ESLA PLC bonds programme is an outlier and was not included in above analysis. However, had raised about Ghs5.6bn against a shelf registration of Ghs10bn.

The Ghana Fixed Income Market (GFIM) looks very promising and I believe the intention of this government and its Economic Management Team (EMT) who is seeking for fiscal consolidation will further deepen the secondary market. However, industry watchers are of the view that the more the government borrows, the higher the public debt to get Gross Domestic Product (GDP) and this must be carefully looked at.

Following the successful establishment of the ESLA PLC bond programme in 2017, Government had steadily settled over Ghs5bn in legacy debts and aged payables towards the goal of a financially viable and competitive power sector.
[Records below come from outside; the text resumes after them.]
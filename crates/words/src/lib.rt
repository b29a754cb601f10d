// The answers of the steps of messages and lists, left as numbers in eight lent words; and the states that the steps begin with, in the
// same words.
#![tactic(auto)]

ghost use Rattle.std.specs.Prelude.{◌≡◌, get_or};
ghost use Rattle.record.specs.Word.{bit};
ghost use Rattle.words.specs.Outcome.{Outcome};
ghost use Rattle.words.specs.Words.{plain_of, one_of, two_of, refused_of, left_in};
ghost use Rattle.words.specs.Token.{token_item, token_said, token_state, token_left};
ghost use Rattle.words.specs.Lists.{opened_left, channel_item, channel_said, channel_state, channel_left, numeric_item, numeric_said, numeric_state, numeric_left};

use error::ErrorCode;
use token::{Token, View};

// A step of tokens or lists begins with so many lent words, and leaves its answer in them.
pub const STEP_WORDS: usize = 8;

// What a step says: its number, the dimension, the kind and the views, all as the numbers that C reads.
#[derive(Clone, Copy)]
struct Said {
    code: i32,
    dimension: u64,
    kind: u64,
    start: u64,
    end: u64,
    start_2: u64,
    end_2: u64,
}

// The state that a token step begins with.
pub fn token_state(words: &[u64]) -> tokenizer::State
    ensures { result ≡ token_state words.now }
{
    tokenizer::State {
        place: word(words, 0) as usize,
        in_header: word(words, 1) != 0,
        in_common: word(words, 2) != 0,
    }
}

// The state that a step of a channel list begins with.
pub fn channel_state(words: &[u64]) -> channel_list::State
    ensures { result ≡ channel_state words.now }
{
    channel_list::State {
        place: word(words, 0) as usize,
        first: word(words, 1) != 0,
    }
}

// The state that a step of a numeric list begins with.
pub fn numeric_state(words: &[u64]) -> numeric_list::State
    ensures { result ≡ numeric_state words.now }
{
    numeric_list::State {
        place: word(words, 0) as usize,
        first: word(words, 1) != 0,
    }
}

// A word, or 0 where there is none.
fn word(words: &[u64], at: usize) -> u64
    ensures { result ≡ get_or words.now at 0 }
{
    if words.len() <= at {
        return 0;
    }
    words[at]
}

// Leaves the answer of a token step.
pub fn put_token(words: &mut [u64], step: tokenizer::Step) -> i32
    ensures { record { code = result; words = words.new } ≡ token_left words.old step }
{
    let answer = step.answer;
    let state = step.state;
    put(
        words,
        state.place,
        state.in_header,
        flag(state.in_common),
        token_said(answer),
    )
}

// Leaves what a text of so many bytes opens as: the front of a channel list, or that it is none.
pub fn put_opened(words: &mut [u64], length: usize, opened: Option<channel_list::State>) -> i32
    ensures { record { code = result; words = words.new } ≡ opened_left words.old length opened }
{
    match opened {
        Some(state) => put(words, state.place, state.first, 0, plain(0)),
        None => put(
            words,
            length,
            true,
            0,
            refused(ErrorCode::InvalidExpression),
        ),
    }
}

// Leaves the answer of a step of a channel list.
pub fn put_channel(words: &mut [u64], step: channel_list::Step) -> i32
    ensures { record { code = result; words = words.new } ≡ channel_left words.old step }
{
    let answer = step.answer;
    let state = step.state;
    let said = channel_said(answer);
    put(words, state.place, state.first, said.dimension, said)
}

// Leaves the answer of a step of a numeric list.
pub fn put_numeric(words: &mut [u64], step: numeric_list::Step) -> i32
    ensures { record { code = result; words = words.new } ≡ numeric_left words.old step }
{
    let answer = step.answer;
    let state = step.state;
    put(words, state.place, state.first, 0, numeric_said(answer))
}

// The first eight words, where there are as many, and the number of the answer.
fn put(words: &mut [u64], place: usize, second: bool, third: u64, said: Said) -> i32
    ensures { record { code = result; words = words.new } ≡ left_in words.old place second third said }
{
    if words.len() < STEP_WORDS {
        return ErrorCode::NoSlotLeft.get_code();
    }
    words[0] = place as u64;
    words[1] = flag(second);
    words[2] = third;
    words[3] = said.kind;
    words[4] = said.start;
    words[5] = said.end;
    words[6] = said.start_2;
    words[7] = said.end_2;
    said.code
}

fn flag(b: bool) -> u64
    ensures { result ≡ bit b }
{
    u64::from(b)
}

// A kind with no view.
fn plain(kind: u64) -> Said
    ensures { result ≡ plain_of kind }
{
    Said {
        code: 0,
        dimension: 0,
        kind,
        start: 0,
        end: 0,
        start_2: 0,
        end_2: 0,
    }
}

// A kind with one view.
fn one(kind: u64, view: View) -> Said
    ensures { result ≡ one_of kind view }
{
    Said {
        code: 0,
        dimension: 0,
        kind,
        start: view.start as u64,
        end: view.end as u64,
        start_2: 0,
        end_2: 0,
    }
}

// A kind with two views.
fn two(kind: u64, dimension: usize, view: View, second: View) -> Said
    ensures { result ≡ two_of kind dimension view second }
{
    Said {
        code: 0,
        dimension: dimension as u64,
        kind,
        start: view.start as u64,
        end: view.end as u64,
        start_2: second.start as u64,
        end_2: second.end as u64,
    }
}

// A refusal, which has no kind.
fn refused(e: ErrorCode) -> Said
    ensures { result ≡ refused_of e }
{
    Said {
        code: e.get_code(),
        dimension: 0,
        kind: 0,
        start: 0,
        end: 0,
        start_2: 0,
        end_2: 0,
    }
}

// The end and a refusal have no kind.
fn token_said(answer: tokenizer::Answer) -> Said
    ensures { result ≡ token_said answer }
{
    match answer {
        tokenizer::Answer::Token(token) => token_item(token),
        tokenizer::Answer::End => plain(0),
        tokenizer::Answer::Refused(e) => refused(e),
    }
}

fn token_item(token: Token) -> Said
    ensures { result ≡ token_item token }
{
    match token {
        Token::HeaderMnemonicSeparator => plain(1),
        Token::HeaderQuerySuffix => plain(2),
        Token::ProgramMessageUnitSeparator => plain(3),
        Token::ProgramHeaderSeparator => plain(4),
        Token::ProgramDataSeparator => plain(5),
        Token::ProgramMnemonic(view) => one(6, view),
        Token::CharacterProgramData(view) => one(7, view),
        Token::DecimalNumericProgramData(view) => one(8, view),
        Token::DecimalNumericSuffixProgramData(view, suffix) => two(9, 0, view, suffix),
        Token::NonDecimalNumericProgramData(value) => Said {
            code: 0,
            dimension: 0,
            kind: 10,
            start: value,
            end: 0,
            start_2: 0,
            end_2: 0,
        },
        Token::StringProgramData(view) => one(11, view),
        Token::ArbitraryBlockData(view) => one(12, view),
        Token::ExpressionProgramData(view) => one(13, view),
    }
}

fn channel_said(answer: channel_list::Answer) -> Said
    ensures { result ≡ channel_said answer }
{
    match answer {
        channel_list::Answer::Token(token) => channel_item(token),
        channel_list::Answer::End => plain(0),
        channel_list::Answer::Refused(e) => refused(e),
    }
}

fn channel_item(token: channel_list::Token) -> Said
    ensures { result ≡ channel_item token }
{
    match token {
        channel_list::Token::ChannelSpec(spec) => {
            two(1, spec.dimension, spec.view, View { start: 0, end: 0 })
        }
        channel_list::Token::ChannelRange(spec, end) => two(2, spec.dimension, spec.view, end.view),
        channel_list::Token::PathName(view) => one(3, view),
    }
}

fn numeric_said(answer: numeric_list::Answer) -> Said
    ensures { result ≡ numeric_said answer }
{
    match answer {
        numeric_list::Answer::Token(token) => numeric_item(token),
        numeric_list::Answer::End => plain(0),
        numeric_list::Answer::Refused(e) => refused(e),
    }
}

fn numeric_item(token: numeric_list::Token) -> Said
    ensures { result ≡ numeric_item token }
{
    match token {
        numeric_list::Token::Numeric(view) => one(1, view),
        numeric_list::Token::NumericRange(view, end) => two(2, 0, view, end),
    }
}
An audit exercise is currently underway to validate the aged payables that were not considered under the ESLA bond. Once confirmed, government will intervene with a combination of cash and bonds to pay off the valid debts. This presents a huge opportunity to players in the bond industry and ecosystem.

Government has confirmed its commitment to borrow at “least cost” and at the minimum prudent level of risk. Consistent with this, Government intends to issue sovereign bonds (Eurobond/Green bond) of up to Usd3bn, to be used to finance critical infrastructure projects and for liability management.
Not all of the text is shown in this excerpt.